特別な1年だった。今春のWBCにも出場した虎の侍戦士・中野拓夢内野手(27)は、歓喜の輪の中でもみくちゃに。「この1年間でここまでの経験ができると思っていなかった。世界一、リーグ優勝、日本一。この3つを成し遂げることができるようにしたい」と笑顔で語った。
今季から現場復帰した岡田監督の方針で二塁にコンバートされたプロ3年目。「最初は複雑というか、自分の中で整理できなかった部分も多かった」というが、この試みは見事に成功した。

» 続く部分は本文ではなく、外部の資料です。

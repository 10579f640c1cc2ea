// The rules of shapes, points and measures.
ghost use Rattle.std.specs.Prelude.{◌≡◌};
ghost use Rattle.tables.specs.Pools.{pools_of};
ghost use Rattle.verdicts.specs.Refuse.{least_of};
ghost use Rattle.verdicts.specs.Verdict.{least};
ghost use Rattle.shape_rules.specs.Parts.{shapes_causes, points_causes, points_within_causes, measures_causes};

use column_order::Key;
use faults::Test;
use ids::{Lent, Span};
use refusals::Refusal;
use tables::{Bounds, Mark, Points, Pool, Shapes};
use verdicts::Verdict;

// The shapes, and their points among so many.
pub fn shapes(verdict: Verdict, lent: &Lent, b: Bounds, s: Shapes, points: u32) -> Verdict
    ensures { least result ≡ least_of (pools_of lent.now) (least verdict) (shapes_causes b s points) }
{
    let n = s.first.n;
    verdict
        .test_all_ids(lent, s.id, n, b.id)
        .test(
            lent,
            Refusal::Columns,
            Test::Column(Pool::Words, s.first, n),
        )
        .test(
            lent,
            Refusal::Columns,
            Test::Column(Pool::Words, s.count, n),
        )
        .test(lent, Refusal::Count, Test::Over(n, b.others))
        .test(
            lent,
            Refusal::Count,
            Test::Reaches(s.count, Mark::ALL, b.points as u64 + 1),
        )
        .test(lent, Refusal::Order, Test::Unsorted(Key::Id(s.id), n))
        .test(
            lent,
            Refusal::Index,
            Test::EndsPast(s.first, s.count, points),
        )
}

// The points of all shapes, or positions.
pub fn points(verdict: Verdict, lent: &Lent, p: Points) -> Verdict
    ensures { least result ≡ least_of (pools_of lent.now) (least verdict) (points_causes p) }
{
    let n = p.lat.n;
    verdict
        .test(lent, Refusal::Columns, Test::Column(Pool::Reals, p.lat, n))
        .test(lent, Refusal::Columns, Test::Column(Pool::Reals, p.lon, n))
        .test(
            lent,
            Refusal::Position,
            Test::OffGlobe(p.lat, p.lon, Mark::ALL),
        )
}

// The same of no more points than so many.
pub fn points_within(verdict: Verdict, lent: &Lent, p: Points, most: u32) -> Verdict
    ensures { least result ≡ least_of (pools_of lent.now) (least verdict) (points_within_causes p most) }
{
    let n = p.lat.n;
    verdict
        .test(lent, Refusal::Count, Test::Over(n, most))
        .test(lent, Refusal::Columns, Test::Column(Pool::Reals, p.lat, n))
        .test(lent, Refusal::Columns, Test::Column(Pool::Reals, p.lon, n))
        .test(
            lent,
            Refusal::Position,
            Test::OffGlobe(p.lat, p.lon, Mark::ALL),
        )
}

// Distances, as many as n, and numbers for calibration.
pub fn measures(verdict: Verdict, lent: &Lent, ds: Span, numbers: Span, n: u32) -> Verdict
    ensures { least result ≡ least_of (pools_of lent.now) (least verdict) (measures_causes ds numbers n) }
{
    verdict
        .test(lent, Refusal::Columns, Test::Column(Pool::Dists, ds, n))
        .test(
            lent,
            Refusal::Columns,
            Test::Column(Pool::Reals, numbers, numbers.n),
        )
        .test(lent, Refusal::Number, Test::NotFinite(ds, Mark::ALL))
        .test(lent, Refusal::Number, Test::NotANumber(numbers))
}
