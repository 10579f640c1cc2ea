// On a leg: from an end to another, along the path of the static trip.
ghost use Rattle.std.specs.Prelude.{◌≡◌, ◌≤◌};
ghost use Rattle.voyages.specs.Outcome.{walk_leg};
ghost use Rattle.leg_paths.specs.Leg.{leg_count};
ghost use Rattle.plans.specs.Plan.{course_of, leg_between};

use courses::Course;
use ids::Lent;
use leg_paths::path_of;
use legs::Walked;
use paths::End;
use tables::Tables;
use walks::walk;

// The tables that a trip's course is read from.
pub(crate) fn course(t: Tables) -> Course
    ensures { result ≡ course_of t }
{
    let trips = t.trips;
    let times = t.times;
    let stops = t.stops;
    let shapes = t.shapes;
    let points = t.points;
    Course {
        trips,
        times,
        stops,
        shapes,
        points,
    }
}

// Walked to a fraction of it. Legs are counted from 1.
pub(crate) fn walk_leg(
    lent: &Lent,
    t: Tables,
    leg: u32,
    trip: Option<usize>,
    from: End,
    to: End,
    frac: f64,
) -> Walked
    requires { leg_count lent.now.words.now (course_of t) trip ≤ 1000000 }
    ensures { result ≡ walk_leg leg (leg_between lent.now.bytes.now lent.now.words.now lent.now.reals.now lent.now.dists.now t trip from to) frac }
{
    let c = course(t);
    let path = path_of(lent, c, trip, from, to);
    walk(lent, c, leg, trip, from, to, path, frac)
}
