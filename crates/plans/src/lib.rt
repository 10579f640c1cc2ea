// The voyage that the lent tables come to, without the clock, and what it comes to at a turn of it. It ports what `estimate_vehicle_pos` of the
// Rust's rt/estimate.rs does once the calls are known: at a call, on a leg, towards the first call; and without a call, at the best stop.
#![tactic(auto)]

mod leg; // leg.rt: on a leg
mod pinned; // pinned.rt: without a call
mod turn; // turn.rt: with a call

pub use pinned::{pin, reported};
pub use turn::at_turn;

新遊撃手・木浪との二遊間コンビは「守りの野球」を掲げる第2次政権の新たな象徴となった。
打撃スタイルも大きく変えた。昨季まではよく言えば積極的。悪く言えば粘りに欠けていた。「(新チームで)1、2番を打つのであれば、3割くらいの出塁率では足りないと思った。そこは何としても自分で変えなければいけないという思いがあった」。中野が今季選んだ四球数は「53」で、すでに昨季の「18」から3倍近い数字をマークしている。
出塁率も3割5分5厘。「打つ、つなぐ、送る」の3つの役割を状況に応じて遂行する背番号51は、今や岡田野球の不可欠なピースだ。自分を変える勇気に向き合い続けた1年。最高の形で締めくくりたい。